─── Data shown
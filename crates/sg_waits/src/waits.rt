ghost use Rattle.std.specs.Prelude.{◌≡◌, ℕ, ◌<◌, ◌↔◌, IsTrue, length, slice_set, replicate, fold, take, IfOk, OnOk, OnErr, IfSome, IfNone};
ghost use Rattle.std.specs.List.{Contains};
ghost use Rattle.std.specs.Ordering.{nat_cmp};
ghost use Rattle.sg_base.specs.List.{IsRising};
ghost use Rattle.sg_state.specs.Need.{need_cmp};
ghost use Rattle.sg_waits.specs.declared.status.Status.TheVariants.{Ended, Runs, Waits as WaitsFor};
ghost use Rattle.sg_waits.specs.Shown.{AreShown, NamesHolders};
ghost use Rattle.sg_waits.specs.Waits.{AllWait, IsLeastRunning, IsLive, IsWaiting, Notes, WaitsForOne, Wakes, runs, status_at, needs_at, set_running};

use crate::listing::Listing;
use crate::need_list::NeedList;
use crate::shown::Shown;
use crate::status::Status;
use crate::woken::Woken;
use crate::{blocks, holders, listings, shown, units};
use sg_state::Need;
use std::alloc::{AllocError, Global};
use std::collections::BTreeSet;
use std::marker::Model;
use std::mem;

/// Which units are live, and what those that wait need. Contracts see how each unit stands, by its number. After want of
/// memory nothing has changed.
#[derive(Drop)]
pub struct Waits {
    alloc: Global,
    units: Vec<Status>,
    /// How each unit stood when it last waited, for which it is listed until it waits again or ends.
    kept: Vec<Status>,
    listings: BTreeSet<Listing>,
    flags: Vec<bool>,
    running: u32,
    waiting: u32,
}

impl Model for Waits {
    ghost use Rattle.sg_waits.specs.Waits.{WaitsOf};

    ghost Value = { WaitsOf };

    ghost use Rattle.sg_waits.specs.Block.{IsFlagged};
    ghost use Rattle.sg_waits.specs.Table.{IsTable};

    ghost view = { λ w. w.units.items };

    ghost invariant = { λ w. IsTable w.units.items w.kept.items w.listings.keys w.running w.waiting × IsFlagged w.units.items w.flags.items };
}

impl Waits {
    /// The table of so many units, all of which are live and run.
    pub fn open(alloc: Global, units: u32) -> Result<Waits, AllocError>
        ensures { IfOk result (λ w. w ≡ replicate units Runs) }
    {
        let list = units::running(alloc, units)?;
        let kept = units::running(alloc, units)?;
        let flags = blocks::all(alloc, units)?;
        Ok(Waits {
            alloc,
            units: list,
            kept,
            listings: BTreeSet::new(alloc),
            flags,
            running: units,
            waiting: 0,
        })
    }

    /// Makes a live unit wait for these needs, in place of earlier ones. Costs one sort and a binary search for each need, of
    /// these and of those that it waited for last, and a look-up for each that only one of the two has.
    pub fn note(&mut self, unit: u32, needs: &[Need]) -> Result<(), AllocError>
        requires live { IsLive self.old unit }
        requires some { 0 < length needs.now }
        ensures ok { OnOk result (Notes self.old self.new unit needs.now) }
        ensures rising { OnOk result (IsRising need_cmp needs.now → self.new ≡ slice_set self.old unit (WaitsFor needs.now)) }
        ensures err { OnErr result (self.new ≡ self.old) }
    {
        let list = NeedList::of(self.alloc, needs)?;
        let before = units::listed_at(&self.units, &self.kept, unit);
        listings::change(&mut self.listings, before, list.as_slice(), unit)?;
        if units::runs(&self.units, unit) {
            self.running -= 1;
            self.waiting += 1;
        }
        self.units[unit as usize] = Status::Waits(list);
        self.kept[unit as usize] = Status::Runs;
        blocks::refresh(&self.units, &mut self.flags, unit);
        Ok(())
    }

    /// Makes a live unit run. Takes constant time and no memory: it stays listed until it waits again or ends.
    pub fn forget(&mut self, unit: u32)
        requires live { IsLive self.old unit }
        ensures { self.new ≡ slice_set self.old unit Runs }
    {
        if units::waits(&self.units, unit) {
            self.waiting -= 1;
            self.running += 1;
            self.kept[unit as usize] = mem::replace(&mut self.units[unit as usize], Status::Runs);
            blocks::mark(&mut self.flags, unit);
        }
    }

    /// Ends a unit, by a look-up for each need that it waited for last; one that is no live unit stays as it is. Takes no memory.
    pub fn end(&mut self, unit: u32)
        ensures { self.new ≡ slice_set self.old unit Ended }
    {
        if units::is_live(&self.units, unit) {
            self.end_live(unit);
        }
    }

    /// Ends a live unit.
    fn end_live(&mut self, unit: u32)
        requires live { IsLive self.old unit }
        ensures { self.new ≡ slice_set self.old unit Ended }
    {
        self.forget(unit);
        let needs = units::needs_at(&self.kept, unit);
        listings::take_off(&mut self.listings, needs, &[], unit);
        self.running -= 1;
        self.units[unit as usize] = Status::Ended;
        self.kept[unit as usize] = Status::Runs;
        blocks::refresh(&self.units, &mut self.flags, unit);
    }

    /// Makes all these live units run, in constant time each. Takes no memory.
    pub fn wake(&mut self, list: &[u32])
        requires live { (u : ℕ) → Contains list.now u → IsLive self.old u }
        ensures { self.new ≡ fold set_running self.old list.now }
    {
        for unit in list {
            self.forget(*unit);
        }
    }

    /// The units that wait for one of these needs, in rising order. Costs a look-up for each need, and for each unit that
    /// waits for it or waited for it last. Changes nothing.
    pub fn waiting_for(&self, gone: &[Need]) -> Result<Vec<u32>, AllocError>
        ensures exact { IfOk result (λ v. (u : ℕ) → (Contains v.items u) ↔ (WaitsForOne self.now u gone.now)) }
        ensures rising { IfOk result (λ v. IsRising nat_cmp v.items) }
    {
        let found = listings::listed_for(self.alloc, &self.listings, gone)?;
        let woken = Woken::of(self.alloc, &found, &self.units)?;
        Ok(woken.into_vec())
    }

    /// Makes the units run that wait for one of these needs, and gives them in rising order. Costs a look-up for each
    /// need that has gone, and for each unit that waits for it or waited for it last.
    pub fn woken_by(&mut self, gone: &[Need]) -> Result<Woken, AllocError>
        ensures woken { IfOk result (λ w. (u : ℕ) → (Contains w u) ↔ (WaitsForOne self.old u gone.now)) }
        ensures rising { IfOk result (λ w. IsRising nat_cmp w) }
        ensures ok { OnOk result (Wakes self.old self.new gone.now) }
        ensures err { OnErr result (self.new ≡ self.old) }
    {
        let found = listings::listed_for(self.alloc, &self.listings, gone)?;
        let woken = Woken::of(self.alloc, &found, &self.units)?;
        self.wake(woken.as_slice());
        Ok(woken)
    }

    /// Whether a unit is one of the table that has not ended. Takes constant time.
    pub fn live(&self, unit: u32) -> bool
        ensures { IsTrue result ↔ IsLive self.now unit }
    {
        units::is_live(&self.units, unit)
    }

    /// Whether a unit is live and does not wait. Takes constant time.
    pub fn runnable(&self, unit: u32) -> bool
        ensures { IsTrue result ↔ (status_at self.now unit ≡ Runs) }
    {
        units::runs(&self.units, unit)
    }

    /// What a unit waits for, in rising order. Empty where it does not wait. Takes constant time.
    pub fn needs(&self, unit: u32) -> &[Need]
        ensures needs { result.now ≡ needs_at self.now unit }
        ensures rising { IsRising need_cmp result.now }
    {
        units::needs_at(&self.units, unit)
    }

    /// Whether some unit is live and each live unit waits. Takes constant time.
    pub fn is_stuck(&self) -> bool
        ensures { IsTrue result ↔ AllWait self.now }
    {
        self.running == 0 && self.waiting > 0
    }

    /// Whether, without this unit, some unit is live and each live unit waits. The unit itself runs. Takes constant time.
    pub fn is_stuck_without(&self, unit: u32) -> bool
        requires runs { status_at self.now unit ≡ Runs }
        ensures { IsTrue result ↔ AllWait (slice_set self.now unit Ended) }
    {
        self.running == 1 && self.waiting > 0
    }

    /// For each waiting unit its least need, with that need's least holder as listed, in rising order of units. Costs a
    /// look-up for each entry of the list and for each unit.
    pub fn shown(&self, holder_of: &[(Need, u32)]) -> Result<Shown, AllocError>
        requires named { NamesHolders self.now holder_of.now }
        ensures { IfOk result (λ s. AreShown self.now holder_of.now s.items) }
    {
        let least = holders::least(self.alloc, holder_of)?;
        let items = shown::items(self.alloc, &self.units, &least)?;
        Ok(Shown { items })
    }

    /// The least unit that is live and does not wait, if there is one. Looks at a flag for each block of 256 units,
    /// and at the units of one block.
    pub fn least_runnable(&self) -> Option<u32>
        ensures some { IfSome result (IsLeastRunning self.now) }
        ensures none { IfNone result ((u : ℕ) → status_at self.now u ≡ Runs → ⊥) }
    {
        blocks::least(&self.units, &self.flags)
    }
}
──────
─── Data shown
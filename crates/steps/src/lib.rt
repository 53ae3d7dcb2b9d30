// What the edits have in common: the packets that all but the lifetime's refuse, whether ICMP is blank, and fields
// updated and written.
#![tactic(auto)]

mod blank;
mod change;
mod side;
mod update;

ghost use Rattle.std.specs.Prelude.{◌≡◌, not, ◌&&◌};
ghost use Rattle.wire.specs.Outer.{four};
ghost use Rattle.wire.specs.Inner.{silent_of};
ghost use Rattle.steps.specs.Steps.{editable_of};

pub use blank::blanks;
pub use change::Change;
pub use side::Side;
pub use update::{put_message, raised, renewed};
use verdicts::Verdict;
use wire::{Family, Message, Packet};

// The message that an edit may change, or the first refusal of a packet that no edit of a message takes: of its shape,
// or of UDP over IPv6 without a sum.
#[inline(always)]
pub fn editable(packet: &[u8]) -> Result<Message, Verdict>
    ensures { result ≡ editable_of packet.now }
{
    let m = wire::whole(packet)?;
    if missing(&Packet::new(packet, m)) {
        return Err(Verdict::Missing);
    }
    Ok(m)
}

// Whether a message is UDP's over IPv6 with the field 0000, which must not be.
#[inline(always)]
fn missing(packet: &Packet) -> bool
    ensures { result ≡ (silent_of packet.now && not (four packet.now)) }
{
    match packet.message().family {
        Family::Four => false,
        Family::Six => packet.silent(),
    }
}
──────
**What to produce:** Search the entries for the string "Prelude" and copy each line where it occurs.

**Response box:**
ghost use Rattle.std.specs.Prelude.{◌≡◌, ℕ, ◌<◌, ◌↔◌, IsTrue, length, slice_set, replicate, fold, take, IfOk, OnOk, OnErr, IfSome, IfNone};
ghost use Rattle.std.specs.Prelude.{◌≡◌, not, ◌&&◌};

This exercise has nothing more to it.